Results: Cellular internalization of HA was regulated by CD44 receptors. In mouse xenografts, HA conjugation significantly enhanced tumor cell uptake compared to unconjugated drugs. Discussion: The results suggested that the main mechanism of HA-based conjugate uptake may be active transport via CD44 in conjunction with a clathrin-dependent endocytic
selleck chemical pathway. Other HA receptors, hyaluronan-mediated motility receptor (RHAMM) and lymphatic vessel endothelial hyaluronan receptor (LYVE-1), did not play a significant role in conjugate uptake. Conclusions: HA conjugation significantly increased CD44-mediated drug uptake and extended the residence time of drugs in tumor cells.”
“Previous studies describing the no-reflow phenomenon in patients with acute myocardial infarction (AMI) undergoing percutaneous coronary intervention (PCI) were largely confined to single-center studies or small registries. To better characterize the incidence, predictors, and outcomes of
the no-reflow phenomenon in a large contemporary population, we analyzed patients with AMI who were undergoing PCI of native coronary artery check details stenoses in the CathPCI Registry from January 1, 2004 through September 5, 2008 (n = 291,380). The angiographic no-reflow phenomenon was site reported using a standardized definition. No-reflow developed in 2.3% of the patients with AMI (n = 6,553) during PCI. Older age, ST-segment elevation AMI, prolonged interval from symptom onset to admission, and cardiogenic shock were clinical variables independently associated with the development of no-reflow (p <0.001). The angiographic factors independently associated with no-reflow included longer lesion length, higher risk class C lesions, bifurcation lesions, and impaired preprocedure Thrombolysis In Myocardial Infarction flow (p <0.001). No-reflow was associated with greater in-hospital mortality (12.6% vs 3.8%, adjusted odds ratio 2.20, 95% confidence interval 1.97 to 2.47, p <0.001) and unsuccessful lesion outcome (29.7% vs 6.6%, adjusted odds ratio
4.70, 95% confidence interval 4.28 Galardin order to 5.17, p <0.001) compared to patients without no-reflow. In conclusion, the development of no-reflow, although relatively uncommon during PCI for AMI, is associated with adverse clinical outcomes. Upfront strategies to reduce the incidence of no-reflow could be considered for high-risk patients to improve outcomes. (C) 2013 Elsevier Inc. All rights reserved. (Am J Cardiol 2013;111:178-184)”
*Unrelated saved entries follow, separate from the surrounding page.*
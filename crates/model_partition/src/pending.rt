//! What is begun at a range of the map and not yet done.
use bytes::Bytes;
use wire::RangeId;

/// A split or a merge that is begun. The ranges that it is to leave have their numbers already.
#[derive(Drop)]
pub enum Pending {
    /// The range is to become the one of its keys below this key, and the one of those from it on.
    Split {
        key: Bytes,
        low: RangeId,
        high: RangeId,
    },
    /// The range and the one behind it, the right one, are to become one. This stands at the left one and counts for both.
    Merge {
        right: RangeId,
        into: RangeId,
    },
}
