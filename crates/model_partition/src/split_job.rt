//! A split that is under way.
use bytes::Bytes;
use client::StreamClient;
use wire::{Fence, RangeId, ReqNo, StreamKind};

/// Which of the two ranges that a split makes: that of the lower keys, or that of the higher ones.
#[derive(Clone, Copy, PartialEq, Eq)]
pub enum Side {
    Low,
    High,
}

/// What a split waits for. It goes through its phases in this order.
pub enum SplitPhase {
    /// The map is asked for the numbers of the two ranges.
    Begin { request: ReqNo },
    /// The range makes a checkpoint.
    Checkpoint,
    /// The transactions that wait are appended, and no others are taken.
    Queue,
    /// The record of the split is being appended to the metadata. From here on the range is paused.
    Record,
    /// The last extent of this stream is to be sealed.
    Seal { kind: StreamKind, request: ReqNo },
    /// The streams of the two ranges are to be built from those of the range.
    Build { request: ReqNo },
    /// The keys of one of the two are being appended to its metadata.
    Keys { side: Side, metadata: StreamClient },
    /// The map is asked to put the two in the place of the range.
    Complete { request: ReqNo },
}

// Written out, so that a crate above that lets one go has no proof of what is in it.
impl Drop for SplitPhase {
    fn drop(self) {
        match self {
            SplitPhase::Begin { request: _ } => {}
            SplitPhase::Checkpoint => {}
            SplitPhase::Queue => {}
            SplitPhase::Record => {}
            SplitPhase::Seal {
                kind: _,
                request: _,
            } => {}
            SplitPhase::Build { request: _ } => {}
            SplitPhase::Keys {
                side: _,
                metadata: _,
            } => {}
            SplitPhase::Complete { request: _ } => {}
        }
    }
}

/// A split of a range under a generation: the key from which on the higher range begins, the numbers of the two ranges, and that of
/// its record in the range's metadata, once the map has told of the two (0 before), and what it waits for.
pub struct SplitJob {
    pub range: RangeId,
    pub generation: Fence,
    pub key: Bytes,
    pub low: RangeId,
    pub high: RangeId,
    pub number: u64,
    pub phase: SplitPhase,
}

// Written out, so that a crate above that lets one go has no proof of what is in it.
impl Drop for SplitJob {
    fn drop(self) {
        let SplitJob {
            range: _,
            generation: _,
            key: _,
            low: _,
            high: _,
            number: _,
            phase: _,
        } = self;
    }
}
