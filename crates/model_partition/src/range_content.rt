//! What a load makes of a range.
ghost use Rattle.std.specs.Prelude.{◌≡◌, true};
ghost use Rattle.client.specs.Load.{is_open};
ghost use Rattle.model_partition.specs.LoadStages.{is_reading};

use crate::checkpoint_job::CheckpointJob;
use crate::stage::Stage;
use crate::waiting::PlaceRead;
use checkpoint::InstalledIndexes;
use client::{RangeLoad, StreamClient};
use memtable::MemTable;
use metadata::{Metadata, Region};
use wire::StreamList;

/// What a server knows of a range beside its transactions and Gets: how far its load is, its streams, what its metadata says,
/// the regions of its log with the numbers that are to be applied next, its table, the indexes below it, the index or the page that
/// is being read, and the checkpoint that is under way.
pub struct RangeContent {
    pub load: RangeLoad,
    pub stage: Stage,
    pub metadata: StreamClient,
    pub log: StreamClient,
    pub rows: StreamClient,
    pub blob_data: StreamList,
    pub said: Metadata,
    pub regions: Vec<Region>,
    pub table: MemTable,
    /// The newest first.
    pub indexes: InstalledIndexes,
    pub reading: Option<PlaceRead>,
    /// The checkpoint that is under way.
    pub control: Option<CheckpointJob>,
    // Streams are read only once they are opened, and no more once the generation is to be confirmed.
    pub ghost opened: { is_reading stage ≡ true → is_open load.phase ≡ true },
}

// Written out, so that a crate above that lets one go has no proof of what is in it.
impl Drop for RangeContent {
    fn drop(self) {
        let RangeContent {
            load: _,
            stage: _,
            metadata: _,
            log: _,
            rows: _,
            blob_data: _,
            said: _,
            regions: _,
            table: _,
            indexes: _,
            reading: _,
            control: _,
        } = self;
    }
}
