//! One range at the map.
use crate::pending::Pending;
use metadata::KeyRange;
use wire::{Fence, RangeId, ServerNo};

/// A range of keys: its number, its keys, the generation of its last assignment (0 before the first), who holds it, the end of
/// the lease, in ticks of the clock, and what is begun at it; a merge stands at the left one of its two ranges.
pub struct RangeEntry {
    pub range: RangeId,
    pub keys: KeyRange,
    pub generation: Fence,
    pub holder: Option<ServerNo>,
    pub until: u64,
    pub pending: Option<Pending>,
}

// Written out, so that a crate above that lets one go has no proof of what is in it.
impl Drop for RangeEntry {
    fn drop(self) {
        let RangeEntry {
            range: _,
            keys: _,
            generation: _,
            holder: _,
            until: _,
            pending: _,
        } = self;
    }
}
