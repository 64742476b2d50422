//! What a server shows of its steps.

use crate::shown_table::ShownTable;
use bytes::Bytes;
use wire::{Changes, Fence, RangeId};

/// One observation of a server. Of a loaded table it has what the rows are made of, which a run makes.
#[derive(Drop)]
pub enum TableNote {
    /// This transaction got its number, under a generation.
    Began {
        range: RangeId,
        generation: Fence,
        number: u64,
        changes: Changes,
    },
    /// The transaction of this number was answered.
    Done {
        range: RangeId,
        generation: Fence,
        number: u64,
    },
    /// The range was loaded: its table, and the number of the next transaction.
    Loaded {
        range: RangeId,
        generation: Fence,
        table: ShownTable,
        next: u64,
    },
    /// A Get of this key was answered, under a generation: with this value, or that there is none.
    Got {
        range: RangeId,
        generation: Fence,
        key: Bytes,
        value: Option<Bytes>,
    },
}
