//! What the users of a table are promised, what its servers and the partition map do, and what whole runs are, as definitions.
//!
//! This crate has no code but the plain values that states are made of, the number of a server's next request, the packets of
//! reads, and what a client makes of an answer; it touches nothing. Its definitions stand in specs/:
//! - Past: what a table that is loaded again must be, said of observations alone (`Replays`).
//! - Range, PlaceReads, Loading, Serving, Getting, Checkpoints, Answering, ControlJobs, Splits, Merges, JoinedRanges and Server: the table of a
//!   server, as functions of its state.
//! - Servers: the servers of a run, and what a loaded table shows.
//! - Map: the partition map, its ranges in the order of their keys, and what changes them: assignments, renewals, splits and
//!   merges. MapRules: what the map does with each call and packet.
//! - Partition: ranges that lie side by side, have each key once, and have numbers of their own, as they do at first and after
//!   each record that fits.
//! - RecordBytes and Replay: the bytes of the map's records, written and read; the map that records make, and which records fit.
//! - Cluster: whole runs: the stream layer, the servers above it, the map, and the clock of leases; what each event makes of all
//!   actors, stops and restarts of the map inside its records among them.
//!
//! The laws of `laws_tables`, `laws_servers` and `laws_clusters` are proved of these functions and of what `model_histories` makes of
//! them alone, and the laws in proofs/ of the map's; the crates of servers and of the map prove that their calls are them, and `world` that its runs are these.
#![tactic(auto)]

mod checkpoint_job;
mod client_answers;
mod map_record;
mod merge_job;
mod pause;
mod pending;
mod place_reads;
mod progress;
mod range_content;
mod range_entry;
mod requests;
mod server_context;
mod shown_table;
mod split_job;
mod stage;
mod table_note;
mod waiting;

pub use checkpoint_job::{CheckpointJob, CheckpointPhase};
pub use client_answers::take_answer;
pub use map_record::MapRecord;
pub use merge_job::{MergeJob, MergePhase, MergeRecord, MergeSide};
pub use pause::Pause;
pub use pending::Pending;
pub use place_reads::{is_at, moved_on, places_of, reads_page, reads_place};
pub use progress::{Progress, Service};
pub use range_content::RangeContent;
pub use range_entry::RangeEntry;
pub use requests::next_request;
pub use server_context::ServerContext;
pub use shown_table::{Entries, ShownTable, TableView};
pub use split_job::{Side, SplitJob, SplitPhase};
pub use stage::Stage;
pub use table_note::TableNote;
pub use waiting::{PlaceRead, PlaceReads, WaitingGet, WaitingTransaction};
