/// Whether this is what was observed after so many observations.
fn are_observed(notes: &[Note], from: usize, wanted: &[Observed]) -> bool {
    notes.len().saturating_sub(from) == wanted.len()
        && notes
            .iter()
            .skip(from)
            .zip(wanted)
            .all(|(note, one)| seen_of(note) == Some(*one))
}

/// A server over a new stream layer.
pub(crate) fn begun(alloc: Global) -> Option<Stand> {
    let run = started(alloc)?;
    Some(Stand {
        run,
        server: server_of(alloc, 1),
        told: Vec::new(alloc),
        loads: Vec::new(alloc),
        rows: Vec::new(alloc),
    })
}

/// Whether the steps go as they say, and this is observed after so many observations.
pub(crate) fn goes(
    alloc: Global,
    stand: &mut Stand,
    steps: &[Step],
    from: usize,
    wanted: &[Observed],
) -> bool {
    for step in steps {
        if !takes(alloc, stand, step) {
            return false;
        }
    }
    are_observed(stand.run.stream_layer.observations(), from, wanted)
}

/// Whether the loads showed these next numbers.
pub(crate) fn has_loads(stand: &Stand, loads: &[u64]) -> bool {
    stand.loads.as_slice() == loads
}

/// Whether a case goes as it says.
fn holds(alloc: Global, steps: &[Step], wanted: &[Observed], loads: &[u64]) -> bool {
    match begun(alloc) {
        None => false,
        Some(mut stand) => { goes(alloc, &mut stand, steps, 0, wanted) && has_loads(&stand, loads) }
    }
}

#[test]
fn each_checkpoint_goes_as_it_should(rt: HostRuntime) {
    for (shows, steps, wanted, loads) in CASES {
        assert!(rt; holds(rt.alloc(), steps, wanted, loads), "{shows}");
    }
}
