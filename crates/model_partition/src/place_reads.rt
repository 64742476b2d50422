//! Reads of what stands at a place, and whose answer a packet is.
ghost use Rattle.std.specs.Prelude.{◌≡◌, ◌++◌};
ghost use Rattle.client.specs.Client.{node_at as node_of, next_place as place_behind};
ghost use Rattle.model_partition.specs.PlaceReads as specs;

use crate::server_context::ServerContext;
use crate::waiting::PlaceRead;
use block_types::Nodes;
use client::Place as Replica;
use memtable::Place;
use wire::{ActorId, Body, ExtentId, Packet, ReadBody, StreamExtent};

/// Whether the read that is out is that of a page, which a checkpoint merges, and not that of an index.
pub fn reads_page(reading: &Option<PlaceRead>) -> bool
    ensures { result ≡ specs.reads_page reading.now }
{
    match reading {
        None => false,
        Some(read) => read.page,
    }
}

/// Whether bytes that stand at an offset of an extent are those of the place.
pub fn is_at(place: &Place, extent: ExtentId, offset: u32, bytes: &[u8]) -> bool
    ensures { result ≡ specs.is_place place.now (specs.place_of extent offset bytes.now) }
{
    place.extent.0 == extent.0 && place.offset == offset && place.length as usize == bytes.len()
}

/// The node at a place.
fn node_at(places: &Nodes, replica: Replica) -> u8
    ensures { result ≡ node_of places.now replica }
{
    match replica {
        Replica::First => places.primary,
        Replica::Second => places.second,
        Replica::Third => places.third,
    }
}

/// The place after this one; after the third the first.
fn next_place(replica: Replica) -> Replica
    ensures { result ≡ place_behind replica }
{
    match replica {
        Replica::First => Replica::Second,
        Replica::Second => Replica::Third,
        Replica::Third => Replica::First,
    }
}

/// The replicas of an extent that is in this list.
fn places_in(extents: &[StreamExtent], extent: ExtentId) -> Option<Nodes>
    ensures { result ≡ specs.places_in extents.now extent }
{
    for known in extents {
        if known.extent.0 == extent.0 {
            return Some(known.places);
        }
    }
    None
}

/// The replicas of an extent that is in one of a range's streams: the log, the blob stream, row data.
pub fn places_of(
    log: &[StreamExtent],
    blob: &[StreamExtent],
    rows: &[StreamExtent],
    extent: ExtentId,
) -> Option<Nodes>
    ensures { result ≡ specs.places_in (log.now ++ (blob.now ++ rows.now)) extent }
{
    match places_in(log, extent) {
        Some(places) => Some(places),
        None => match places_in(blob, extent) {
            Some(places) => Some(places),
            None => places_in(rows, extent),
        },
    }
}

/// The packet of a read, to the replica that it is for.
pub fn reads_place(context: &ServerContext, places: &Nodes, read: &PlaceRead) -> Packet
    ensures { result ≡ specs.reads_place context.now places.now read.now }
{
    Packet {
        from: ActorId::Server(context.server),
        to: ActorId::Node(node_at(places, read.replica)),
        body: Body::Read(ReadBody::ReadAt {
            extent: read.place.extent,
            offset: read.place.offset,
            length: read.place.length,
            request: read.request,
        }),
    }
}

/// The same read at the next replica; after the third comes the first.
pub fn moved_on(read: &PlaceRead) -> PlaceRead
    ensures { result ≡ specs.moved_on read.now }
{
    PlaceRead {
        request: read.request,
        place: read.place,
        page: read.page,
        replica: next_place(read.replica),
    }
}
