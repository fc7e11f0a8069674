// The page of promises stands in proofs/Promises.antt, in the words of specs/Answers.antt.

#![tactic(auto)]
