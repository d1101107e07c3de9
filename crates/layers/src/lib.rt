// The layer of a value under a LAYERED preference: that of the first NAMED with the value, or that of other values.
#![tactic(auto)]

ghost use Rattle.std.specs.Prelude.{◌≡◌};
ghost use Rattle.arith.specs.Gap.{eq_z};
ghost use Rattle.preference.specs.Level.{layer_of};
ghost use Rattle.preference.specs.Names.{among, NamesOf};

use preference::{Named, Names, PreferenceList};

// The named values of the preference at place i, so that whoever asks for many layers reads the list once. One of
// another preference is written over by the next, so that the loop takes no branch. Values stand apart from layers for
// the search, which tests sixteen values at once: one test for each name cost a call 1.15 to 1.19 times as much.
pub fn names_of(list: PreferenceList, i: usize) -> Names
    ensures { NamesOf list i result }
{
    let mut values = [0; limits::MAX_NAMED];
    let mut layers = [0; limits::MAX_NAMED];
    let mut next = 0;
    for naming in list.counted_names() {
        let Named {
            preference,
            value,
            layer,
        } = *naming;
        values[next] = value;
        layers[next] = layer;
        next += usize::from(usize::from(preference) == i);
    }
    Names {
        count: next,
        values,
        layers,
    }
}

// The layer of the first of n values that is v, or that of other values. Beside `layer_by`, since what it promises
// holds of slices of any length.
#[tactic(auto, using(arith::specs::Laws::Local::same_is))]
pub fn layer_among(values: &[i32], layers: &[u8], n: usize, v: i32, others: u8) -> u8
    ensures { result ≡ among values.now layers.now n v others }
{
    let counted = n.min(values.len().min(layers.len()));
    let first = scan::first_place(
        &values[..counted],
        |value: i32|
            ensures { result ≡ eq_z value v }
        { value == v },
    );
    layers[..counted].get(first).copied().unwrap_or(others)
}

// The same of names.
pub fn layer_by(names: &Names, v: i32, others: u8) -> u8
    ensures { result ≡ among names.now.values names.now.layers names.now.count v others }
{
    layer_among(&names.values, &names.layers, names.count, v, others)
}

// The layer of a value under the preference at place i, or that of other values.
pub fn layer_of(list: PreferenceList, i: usize, v: i32, others: u8) -> u8
    ensures { result ≡ layer_of list i v others }
{
    layer_by(&names_of(list, i), v, others)
}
“Autophagy is a catabolic cellular process involving dynamic membrane rearrangement. Here, we review the understanding of autophagy, focusing on the late stages of the process, from the closing of the autophagosome to fusion with the lysosome. We propose the Reverse fusion model, for the closing autophagosome. In this model, autophagosome closure proceeds in a topologically similar but reverse order to membrane fusion during the escape of influenza virus from the endosome.